Problem details » Using the records below, quote only the span that opens with the line containing "let Ok(policy) = authorization_of(alloc, Some(spec))?" and closes with the line containing "let copy = rule.copy(alloc)?;", exactly and inclusively.

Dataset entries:

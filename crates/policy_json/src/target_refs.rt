// The fields by which a policy names what it holds for; here they may name nothing.
ghost use Rattle.std.specs.Prelude.{◌≡◌};
ghost use Rattle.serde_json.specs.View.{view, items_view};
ghost use Rattle.mesh_doc.specs.Faults.{Reads};
ghost use Rattle.policy_json.specs.TargetRefs.{has_no_entry, no_target_faults, targets_faults};

use mesh_doc::{DocError, Form, Reason, Spot, optional};
use serde_json::Value;
use std::alloc::Global;

pub(crate) const TARGET_REFS: &str = "targetRefs";

pub(crate) const TARGET_REF: &str = "targetRef";

/// Reads the fields `targetRefs` and `targetRef` of the policy `v` at `at`, which name no target: TargetRefs at
/// the first with a value other than `null` and the empty list (Istio reference, PolicyTargetReference).
#[tactic(auto, unfolding(crate::specs::TargetRefs::targets_faults))]
pub(crate) fn no_targets(alloc: Global, v: &Value, at: &Spot) -> Result<(), DocError>
    ensures { Reads result (targets_faults (view v.now) at.now) tt }
{
    optional::<NoTarget>(alloc, v, TARGET_REFS, at)?;
    optional::<NoTarget>(alloc, v, TARGET_REF, at)?;
    Ok(())
}

struct NoTarget;

impl Form for NoTarget {
    type Out = ();

    ghost faults = { no_target_faults };

    ghost value = { λ _. tt };

    #[tactic(auto, unfolding(crate::specs::TargetRefs::no_target_faults))]
    fn read(alloc: Global, v: &Value, at: &Spot) -> Result<(), DocError> {
        match v {
            Value::Array(entries) if has_no_entry(entries.as_slice()) => Ok(()),
            _ => Err(at.refuse(alloc, Reason::TargetRefs)),
        }
    }
}

fn has_no_entry(entries: &[Value]) -> bool
    ensures { result ≡ has_no_entry (items_view entries.now) }
{
    entries.iter().next().is_none()
}
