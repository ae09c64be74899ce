// Manifests in short: each item by its name with what it says, the mesh, and the counts.
use call_lines::{Call, Stop, refused};
use manifest_json::read_bundle;
use mesh_doc::{Place, Step};
use mesh_policy::{
    Bundle, Label, MeshConfig, PeerAuthentication, Pod, Service, ServicePort, Target,
};
use mesh_text::{List, Text};
use std::alloc::Global;

/// The manifests of a document. It stands at the whole, or in the field that a second argument names.
pub fn answer(alloc: Global, call: &Call) -> Result<String, Stop> {
    let mut place: Place = List::new(alloc);
    if call.arguments.len() > 1 {
        place.push(Step::Key(Text::of(alloc, call.text(1)?)?))?;
    }
    match read_bundle(alloc, call.value(0)?, &place) {
        Ok(bundle) => shown(alloc, &bundle),
        Err(error) => refused(alloc, error),
    }
}

fn shown(alloc: Global, bundle: &Bundle) -> Result<String, Stop> {
    let mut out = String::new(alloc);
    for pod in &bundle.pods {
        push_pod(&mut out, pod)?;
    }
    for service in &bundle.services {
        push_service(&mut out, service)?;
    }
    push_policies(&mut out, bundle)?;
    push_mesh(&mut out, &bundle.mesh)?;
    write!(out, "mesh {}, other {}", bundle.mesh_items, bundle.others)?;
    Ok(out)
}

fn push_item(out: &mut String, kind: &str, namespace: &Text, name: &Text) -> Result<(), Stop> {
    write!(out, "{kind} {namespace}/{name}")?;
    Ok(())
}

fn push_labels(out: &mut String, labels: &List<Label>) -> Result<(), Stop> {
    for label in labels {
        write!(out, " {}={}", label.key, label.value)?;
    }
    Ok(())
}

// Its name, its labels, and its ports.
fn push_pod(out: &mut String, pod: &Pod) -> Result<(), Stop> {
    push_item(out, "pod", &pod.namespace, &pod.name)?;
    push_labels(out, &pod.labels)?;
    for port in &pod.ports {
        write!(out, " {}:{}", port.name, port.port)?;
    }
    out.push_str("; ")?;
    Ok(())
}

// Its name, its selector, and of each port the name, the number, the target and the protocol.
fn push_service(out: &mut String, service: &Service) -> Result<(), Stop> {
    push_item(out, "service", &service.namespace, &service.name)?;
    push_labels(out, &service.selector)?;
    for port in &service.ports {
        push_port(out, port)?;
    }
    out.push_str("; ")?;
    Ok(())
}

fn push_port(out: &mut String, port: &ServicePort) -> Result<(), Stop> {
    write!(out, " {}:{}", or_dash(&port.name), port.port)?;
    match &port.target {
        Target::Same => out.push_str(">same")?,
        Target::Number(number) => write!(out, ">number {number}")?,
        Target::Named(name) => write!(out, ">named {name}")?,
    }
    write!(out, " {}", or_dash(&port.app_protocol))?;
    Ok(())
}

fn or_dash(text: &Option<Text>) -> &str {
    match text {
        Some(text) => text.as_str(),
        None => "-",
    }
}

fn push_policies(out: &mut String, bundle: &Bundle) -> Result<(), Stop> {
    for policy in &bundle.authorization {
        push_item(out, "authorization", &policy.namespace, &policy.name)?;
        out.push_str("; ")?;
    }
    for policy in &bundle.peers {
        push_peer(out, policy)?;
    }
    for policy in &bundle.requests {
        push_item(out, "request", &policy.namespace, &policy.name)?;
        out.push_str("; ")?;
    }
    Ok(())
}

// Its name and its age.
fn push_peer(out: &mut String, policy: &PeerAuthentication) -> Result<(), Stop> {
    push_item(out, "peer", &policy.namespace, &policy.name)?;
    write!(out, " {}; ", or_dash(&policy.age))?;
    Ok(())
}

fn push_mesh(out: &mut String, mesh: &MeshConfig) -> Result<(), Stop> {
    write!(out, "root {}; ", mesh.root)?;
    for provider in &mesh.providers {
        let form = if provider.http { "http" } else { "grpc" };
        let open = if provider.fail_open { " open" } else { "" };
        let (name, service) = (provider.name.as_str(), provider.service.as_str());
        write!(out, "{name} {form} {service}:{}{open}; ", provider.port)?;
    }
    Ok(())
}
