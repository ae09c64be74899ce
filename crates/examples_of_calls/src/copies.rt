// Copies of policies that are read from a `spec`.
use crate::authorization;
use crate::requests::push_rule;
use crate::specs_of_policies::{authorization_of, request_of};
use call_lines::{Call, Stop};
use mesh_policy::JwtRule;
use serde_json::Value;
use std::alloc::Global;

pub fn answer(alloc: Global, call: &Call) -> Result<Option<String>, Stop> {
    match call.name {
        "AuthorizationPolicy::copy" => Ok(Some(policy(alloc, call.value(0)?)?)),
        "JwtRule::copy" => Ok(Some(rules(alloc, call.value(0)?)?)),
        "Keys::copy" => Ok(Some(keys(alloc, call.value(0)?)?)),
        _ => Ok(None),
    }
}

fn policy(alloc: Global, spec: &Value) -> Result<String, Stop> {
    let Ok(policy) = authorization_of(alloc, Some(spec))? else {
        return Err(Stop::Arguments);
    };
    let copy = policy.copy(alloc)?;
    let is_equal = copy == policy;
    let shown = authorization::shown(alloc, &copy)?;
    Ok(format!(in alloc; "{shown}, equal {is_equal}")?)
}

// The copy of each rule.
fn rules(alloc: Global, spec: &Value) -> Result<String, Stop> {
    let Ok(policy) = request_of(alloc, Some(spec))? else {
        return Err(Stop::Arguments);
    };
    let mut out = String::new(alloc);
    for rule in &policy.rules {
        push_copy(alloc, &mut out, rule)?;
    }
    Ok(out)
}

fn push_copy(alloc: Global, out: &mut String, rule: &JwtRule) -> Result<(), Stop> {
    let copy = rule.copy(alloc)?;
    let is_equal = copy == *rule;
    push_rule(out, &copy)?;
    write!(out, ", equal {is_equal}")?;
    Ok(())
}

// Whether the copy of the keys of each rule is equal.
fn keys(alloc: Global, spec: &Value) -> Result<String, Stop> {
    let Ok(policy) = request_of(alloc, Some(spec))? else {
        return Err(Stop::Arguments);
    };
    let mut out = String::new(alloc);
    for rule in &policy.rules {
        let copy = rule.keys.copy(alloc)?;
        let is_equal = copy == rule.keys;
        write!(out, "equal {is_equal} ")?;
    }
    Ok(out)
}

Result for this task »
    let Ok(policy) = authorization_of(alloc, Some(spec))? else {
        return Err(Stop::Arguments);
    };
    let copy = policy.copy(alloc)?;
    let is_equal = copy == policy;
    let shown = authorization::shown(alloc, &copy)?;
    Ok(format!(in alloc; "{shown}, equal {is_equal}")?)
}

// The copy of each rule.
fn rules(alloc: Global, spec: &Value) -> Result<String, Stop> {
    let Ok(policy) = request_of(alloc, Some(spec))? else {
        return Err(Stop::Arguments);
    };
    let mut out = String::new(alloc);
    for rule in &policy.rules {
        push_copy(alloc, &mut out, rule)?;
    }
    Ok(out)
}

fn push_copy(alloc: Global, out: &mut String, rule: &JwtRule) -> Result<(), Stop> {
    let copy = rule.copy(alloc)?;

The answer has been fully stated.